La naturaleza extensiva de las ovejas y las cabras nos asegura del mantenimiento de una gran masa genética con lo que es poco probable que la consaguinidad sea un problema. A pesar de todo, se debe poner especial atención cuando se utilice la inseminación artificial en rebaños pequeños y/o próximos desde el punto de vista del parentesco (Bearden y Fuquay, 1982; Salamón, 1990; Noakes y Pearson, 1991; Hafez y Hafez, 2000).

Reproducción insegura

Cuando se emplee la inseminación artificial existen 2 posibilidades de inseguridad: 1) cuando se utilice semen fresco o congelado de sementales individuales y no se haya puesto especial atención a su etiquetado pueden surgir errores accidentales, sobre todo cuando se utilicen simultáneamente varios sementales, y 2) cuando el valor de los sementales se ha sobrestimado o determinado incorrectamente. Esto nos puede acarrear mas perdidas que ganancias. El uso de sementales con defectos inapreciables puede producir una rápida propagación de tales defectos (Salamón, 1990).
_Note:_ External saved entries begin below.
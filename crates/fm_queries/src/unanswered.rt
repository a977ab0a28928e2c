// Plans that end without an answer.
use fm_run::Stopped;

/// Why a query is refused: a class with another number of entries than is needed; a vector whose image has this nonzero component first; or
/// a generator of the target that the source does not have. All are counted from 1.
#[derive(Clone, Copy)]
pub enum Refusal {
    WrongLength { found: u32, needed: u32 },
    NotCocycle { component: u32 },
    NotContained { generator: u32 },
}

/// A task that stopped, or a refusal.
#[derive(Clone, Copy)]
pub enum Unanswered {
    Stopped(Stopped),
    Refused(Refusal),
}

impl From<Stopped> for Unanswered {
    ghost use Rattle.std.specs.Prelude.{◌≡◌};
    ghost use Rattle.fm_queries.specs.declared.unanswered.Unanswered.TheVariants as ends;

    ghost from_gives = { λ stopped e. e ≡ ends.Stopped stopped };

    fn from(stopped: Stopped) -> Unanswered {
        Unanswered::Stopped(stopped)
    }
}
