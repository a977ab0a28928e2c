// Whether a class is zero in a local cohomology module.
ghost use Rattle.std.specs.Prelude.{IfErr, IfOk, None, length, map, suc, take, ◌+◌, ◌<◌, ◌^◌, ◌≡◌, ◌≤◌, ℕ};
ghost use Rattle.fm_chain.specs.Chains.{member_graphs};
ghost use Rattle.fm_chain.specs.Stages.{IsKilledOver, killed_value};
ghost use Rattle.fm_ext.specs.Exts.{cocycles_matrix, differentials, ring_of};
ghost use Rattle.fm_limit.specs.ResolvedIdeal.{matrix_at};
ghost use Rattle.fm_mat.specs.Matrices.{column_meaning};
ghost use Rattle.fm_plan.specs.Following.{FollowsPlan};
ghost use Rattle.fm_plan.specs.Queries.{ask_class, chain_graphs, plan, stages};
ghost use Rattle.fm_queries.specs.Bases.{IsBase, base_meaning, relations_graph};
ghost use Rattle.fm_queries.specs.Founds.{FollowsQuery, class_test, class_value};
ghost use Rattle.fm_resolve.specs.Resolutions.{IsResolution};
ghost use Rattle.fm_vec.specs.Components.{AreOver};

use crate::base::{Base, compute_base_of};
use crate::testing::test_class;
use crate::unanswered::Unanswered;
use fm_chain::{Killed, coordinates, kill_stage};
use fm_poly::{Poly, Ring};
use fm_resolve::{Resolution, resolve};
use fm_run::{Name, Side, Stop, Stopped, Task, Work, in_task};
use fm_syz::Graph;
use std::alloc::Global;

/// The coordinates of a class, and after how many moves it is a coboundary.
#[derive(Drop)]
pub struct Class {
    pub base: Base,
    pub coordinates: Vec<Poly>,
    pub killed: Killed,
}

/// The plan of the query `class`, for the class (e, z) of this degree of the ideal of the generators.
pub fn decide_class(
    alloc: Global,
    ring: Ring,
    generators: &[Poly],
    degree: u8,
    e: u8,
    z: &[Poly],
    work: &mut Work,
) -> Result<Class, Unanswered>
    requires some { 1 ≤ ring.vars }
    requires few { ring.vars ≤ 8 }
    requires generators { AreOver ring generators.now }
    requires room { length generators.now + 1 < 2 ^ 32 }
    requires degree { degree < 255 }
    requires class { AreOver ring z.now }
    requires entries { length z.now < 2 ^ 32 }
    ensures follows { let fs = column_meaning ring generators.now in let c = column_meaning ring z.now in
        FollowsQuery (class_value ring degree fs e c) result work.old work.new (plan ring (ask_class degree fs e c) work.old) }
    ensures ring { IfOk result (λ x. ring_of x.base.ext ≡ ring) }
    ensures coordinates { IfOk result (λ x. AreOver ring x.coordinates.items) }
    ensures few { IfOk result (λ x. length x.coordinates.items < 2 ^ 32) }
    ensures killed { IfOk result (λ x. IsKilledOver ring x.killed) }
{
    let resolution = resolve(alloc, Side::Alone, ring, generators, degree, work)?;
    test_in(alloc, &resolution, degree, e, z)?;
    let base = compute_base_of(alloc, Side::Alone, resolution, degree, work)?;
    let cocycles = base.ext().cocycles().generators().graph();
    let w = coordinates(alloc, e, z, cocycles, work)?;
    let killed = killed_in(alloc, &base, e, &w, work)?;
    Ok(Class {
        base,
        coordinates: w,
        killed,
    })
}

// The test by d_(i+1).
fn test_in(
    alloc: Global,
    resolution: &Resolution,
    degree: u8,
    e: u8,
    z: &[Poly],
) -> Result<(), Unanswered>
    requires degree { degree ≤ length resolution.now.next }
    requires over { AreOver resolution.now.first.matrix.ring z.now }
    requires room { length z.now < 2 ^ 32 }
    ensures follows { (units : ℕ) → let r = resolution.now.first.matrix.ring in FollowsQuery (λ u. tt) result units units
        (class_test r e (matrix_at r.prime r.vars (differentials r resolution.now) degree) (column_meaning r z.now) units) }
    ensures resolution { IsResolution resolution.now }
{
    test_class(
        alloc,
        resolution.differential(usize::from(degree) + 1),
        e,
        z,
    )
}

// The tasks `stage 0`, `stage 1`, ..
fn killed_in(
    alloc: Global,
    base: &Base,
    e: u8,
    w: &[Poly],
    work: &mut Work,
) -> Result<Killed, Stopped>
    requires over { AreOver (ring_of base.now.ext) w.now }
    requires length { length w.now ≡ length (cocycles_matrix base.now.ext).columns }
    ensures follows { let r = ring_of base.now.ext in FollowsPlan (killed_value r) result work.old work.new
        (stages r e (column_meaning r w.now) 0 None (chain_graphs r (base_meaning r base.now)) work.old) }
    ensures over { IfOk result (IsKilledOver (ring_of base.now.ext)) }
{
    let first = Task {
        side: Side::Alone,
        name: Name::Stage,
        number: 0,
    };
    let graphs = in_task(first, graphs(alloc, base))?;
    kill_stage(alloc, base.ring(), e, w, &graphs, work)
}

// The graphs of K_0 .. K_t.
fn graphs(alloc: Global, base: &Base) -> Result<Vec<&Graph>, Stop>
    ensures value { let b = base.now in IfOk result (λ gs.
        map (λ g. g.now) gs.items ≡ take (suc (length b.chain.growth)) (member_graphs (relations_graph b) b.chain.links)) }
    ensures memory { IfErr result (λ stop. stop ≡ Stop.Memory) }
    ensures base { IsBase base.now }
{
    let relations = base.ext().relations().generators().graph();
    let graphs = base.chain().graphs(alloc, relations)?;
    Ok(graphs)
}
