// Whether a vector is a coboundary.
ghost use Rattle.std.specs.Prelude.{IfOk, IsTrue, length, ◌<◌, ◌^◌, ◌↔◌, ◌≡◌, ◌≤◌};
ghost use Rattle.fm_algebra.specs.PolynomialMatrices.{InImage, matrix_twist};
ghost use Rattle.fm_ext.specs.Exts.{differentials};
ghost use Rattle.fm_limit.specs.ResolvedIdeal.{differential, rank};
ghost use Rattle.fm_mat.specs.Matrices.{column_meaning};
ghost use Rattle.fm_plan.specs.Base.{flip};
ghost use Rattle.fm_queries.specs.Duals.{coboundary_work};
ghost use Rattle.fm_run.specs.Runs.{Follows};
ghost use Rattle.fm_vec.specs.Components.{AreOver};

use fm_chain::twisted_matrix;
use fm_ext::coboundaries;
use fm_poly::Poly;
use fm_resolve::Resolution;
use fm_run::{Stop, Work};
use fm_syz::is_in_image;
use std::alloc::Global;

/// Whether z is a coboundary of stage e: whether it lies in the image of `flip(d_i)^[q]` for q = p^e. It costs a twist, a completion of the
/// columns, and one division.
pub fn is_zero_at(
    alloc: Global,
    resolution: &Resolution,
    degree: u8,
    e: u8,
    z: &[Poly],
    work: &mut Work,
) -> Result<bool, Stop>
    requires degree { degree ≤ length resolution.now.next }
    requires over { AreOver resolution.now.first.matrix.ring z.now }
    requires length { let r = resolution.now.first.matrix.ring in
        length z.now ≡ rank r.prime r.vars (differentials r resolution.now) degree }
    requires room { length z.now < 2 ^ 32 }
    ensures follows { let r = resolution.now.first.matrix.ring in Follows (λ yes. yes) result work.old work.new
        (coboundary_work r e (flip r (differential r.prime r.vars (differentials r resolution.now) degree)) (column_meaning r z.now) work.old) }
    ensures decides { let r = resolution.now.first.matrix.ring in IfOk result (λ yes. IsTrue yes
        ↔ InImage r.prime r.vars (matrix_twist r.prime r.vars e (flip r (differential r.prime r.vars (differentials r resolution.now) degree)))
        (column_meaning r z.now)) }
{
    let boundaries = coboundaries(alloc, resolution, degree)?;
    let power = twisted_matrix(alloc, &boundaries, e)?;
    is_in_image(alloc, &power, z, work)
}
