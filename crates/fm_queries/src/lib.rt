// The plans of queries on the limit, as programs: Ext with its chain of kernels, and what a query asks of the stable kernel. Each runs the tasks
// of its plan in their order, with the units that are left; it costs what the calls of its tasks cost, and nothing is computed twice.
#![tactic(auto)]

pub mod base;
pub mod class;
pub mod coboundaries;
pub(crate) mod comparing;
pub(crate) mod duals;
pub mod invert;
pub mod map;
#[cfg(test)]
mod map_tests;
pub mod moving;
pub mod support;
pub mod testing;
#[cfg(test)]
mod tests;
pub mod unanswered;
pub mod zero;

pub use base::{Base, compute_base, compute_base_of};
pub use class::{Class, decide_class};
pub use coboundaries::is_zero_at;
pub use invert::{Inverting, decide_inverting};
pub use map::{Map, decide_map};
pub use moving::move_class;
pub use support::{Support, compute_support};
pub use testing::test_class;
pub use unanswered::{Refusal, Unanswered};
pub use zero::{Zero, decide_zero};
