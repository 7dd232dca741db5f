// The formulas that say that a question is violated.
ghost use Rattle.std.specs.Prelude.{◌≡◌, ◌↔◌, ◌<◌, ◌≤◌, ℕ, ℤ, pos, IfOk, length, map};
ghost use Rattle.claims.specs.Columns.{run_of};
ghost use Rattle.claims.specs.Subjects.{part};
ghost use Rattle.clause_form.specs.Formulas.{AreTrueAt, CanTake, EachComparison, formula_of};
ghost use Rattle.path_server.specs.Shapes.{shape_of};
ghost use Rattle.run_rows.specs.Columns.{entries_of, value_at};
ghost use Rattle.run_rows.specs.Limits.{IsWithin};
ghost use Rattle.run_rows.specs.Runs.{Shaped};
ghost use Rattle.run_rows.specs.declared.rows.Run.{Run};
ghost use Rattle.question_text.specs.Claims.{CanUnroll, question_claims, rows_for};
ghost use Rattle.question_text.specs.Conditions.{condition_of, conjunction, disjunction};
ghost use Rattle.question_text.specs.Meaning.{Violates};
ghost use Rattle.unroll.specs.ClaimFormulas.{claim_formulas, trees};
ghost use Rattle.unroll.specs.QuestionFormulas.{IsShapeFor, condition_tree};
ghost use Rattle.unroll.specs.QuestionLimits.{CanBuild};

use crate::formulas::{all, any, not, with};
use crate::name_sums::named_comparison;
use clause_form::Formula;
use question_text::{QCond, Question, Rows};
use run_rows::Shape;
use std::alloc::Global;
use whole::NoMemory;

/// The formulas of the question: each assumption, and last that the requirement is false. The shape is one of the
/// question's setting with every state that the question names. The question may have any number of assumptions, and a
/// condition any depth and any number of comparisons; an expression may have a 17th term where one is a constant.
pub fn question_formulas(
    alloc: Global,
    question: &Question,
    shape: &Shape,
) -> Result<Vec<Formula>, NoMemory>
    requires { IsShapeFor question.now shape.now }
    ensures exact { IfOk result (λ fs. trees fs.items ≡ claim_formulas shape.now (question_claims part shape.now.flows (rows_for shape.now) question.now)) }

    // At any values of the columns they are all true exactly where the run of these values violates the question.
    ensures made { IfOk result (λ fs. (value : ℕ → ℤ) (over : ℕ) → 0 < over → AreTrueAt value over (trees fs.items) ↔ Violates question.now (run_of shape.now value (pos over))) }

    // At the values of a run of the shape they are all true exactly where that run violates the question.
    ensures read { IfOk result (λ fs. (run : Run) (over : ℕ) → Shaped shape.now run → run.over ≡ pos over → AreTrueAt (value_at shape.now run) over (trees fs.items) ↔ Violates question.now run) }

    // They can be turned into clauses.
    ensures small { IfOk result (λ fs. EachComparison (CanTake (length (entries_of shape.now))) (trees fs.items)) }
{
    violation_formulas(alloc, question, shape)
}

/// The assumptions, then the negated requirement.
fn violation_formulas(
    alloc: Global,
    question: &Question,
    shape: &Shape,
) -> Result<Vec<Formula>, NoMemory>
    requires { IsShapeFor question.now shape.now }
    ensures { IfOk result (λ fs. trees fs.items ≡ claim_formulas shape.now (question_claims part shape.now.flows (rows_for shape.now) question.now)) }
{
    let at = Rows {
        opening: shape.h,
        last: shape.h + shape.t,
    };
    let assumed = assumptions(alloc, question, shape, &at)?;
    let required = condition_formula(alloc, shape, &at, &question.require)?;
    with(assumed, not(alloc, required)?)
}

/// For each assumption, that it holds.
fn assumptions(
    alloc: Global,
    question: &Question,
    shape: &Shape,
    at: &Rows,
) -> Result<Vec<Formula>, NoMemory>
    requires shape_in { IsShapeFor question.now shape.now }
    requires at_in { at.now ≡ rows_for shape.now }
    ensures { IfOk result (λ fs. trees fs.items ≡ map (condition_tree shape.now at.now) question.now.assumes) }
{
    let mut formulas = Vec::new(alloc);
    for assumption in question.assumes.as_slice() {
        let formula = condition_formula(alloc, shape, at, assumption)?;
        formulas = with(formulas, formula)?;
    }
    Ok(formulas)
}

/// That the condition holds.
#[cycle(conditions)]
fn condition_formula(
    alloc: Global,
    shape: &Shape,
    at: &Rows,
    condition: &QCond,
) -> Result<Formula, NoMemory>
    requires within { IsWithin shape.now }
    requires can { CanBuild shape.now at.now (condition_of condition.now) }
    ensures { IfOk result (λ f. formula_of f ≡ condition_tree shape.now at.now condition.now) }
{
    match condition {
        QCond::True => Ok(Formula::True),
        QCond::False => Ok(Formula::False),
        QCond::Cmp(left, rel, right) => named_comparison(alloc, shape, at, left, *rel, right),
        QCond::Not(part) => not(alloc, condition_formula(alloc, shape, at, part)?),
        QCond::And(parts) => all_hold(alloc, shape, at, parts),
        QCond::Or(parts) => any_holds(alloc, shape, at, parts),
    }
}

/// That all parts hold.
#[cycle(conditions)]
fn all_hold(
    alloc: Global,
    shape: &Shape,
    at: &Rows,
    parts: &Vec<QCond>,
) -> Result<Formula, NoMemory>
    requires within { IsWithin shape.now }
    requires can { CanBuild shape.now at.now (conjunction (map condition_of parts.now.items)) }
    ensures { IfOk result (λ f. formula_of f ≡ conjunction (map (condition_tree shape.now at.now) parts.now.items)) }
{
    let mut formulas = Vec::new(alloc);
    for part in parts {
        let formula = condition_formula(alloc, shape, at, part)?;
        formulas = with(formulas, formula)?;
    }
    Ok(all(formulas))
}

/// That one of the parts holds.
#[cycle(conditions)]
fn any_holds(
    alloc: Global,
    shape: &Shape,
    at: &Rows,
    parts: &Vec<QCond>,
) -> Result<Formula, NoMemory>
    requires within { IsWithin shape.now }
    requires can { CanBuild shape.now at.now (disjunction (map condition_of parts.now.items)) }
    ensures { IfOk result (λ f. formula_of f ≡ disjunction (map (condition_tree shape.now at.now) parts.now.items)) }
{
    let mut formulas = Vec::new(alloc);
    for part in parts {
        let formula = condition_formula(alloc, shape, at, part)?;
        formulas = with(formulas, formula)?;
    }
    Ok(any(formulas))
}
Propagación de enfermedades

Si los sementales no han sido controlados en lo que a enfermedades venéreas se refiere la inseminación artificial puede extender la enfermedad más rápidamente que la inseminación natural (Salamón, 1990; Hafez y Hafez, 2000).

Fertilidad reducida

En comparación con la inseminación natural, la inseminación artificial puede, bajo ciertas circunstancias, reducir la fertilidad, particularmente cuando no se empleen, apropiadamente, métodos de controlar el estío o en casos de poco cuidado por parte del personal auxiliar o por negligencias cuando se maneje el semen (Salamón, 1990).

Costos

Como con cualquier otra tecnología, han de tenerse en cuenta los costos a la hora de utilizar la inseminación artificial. Entre los costos se incluyen el empleo de los técnicos, equipo, fármacos y hormonas, registros y la compra de semen o selección y mantenimiento de sementales (Salamón, 1990).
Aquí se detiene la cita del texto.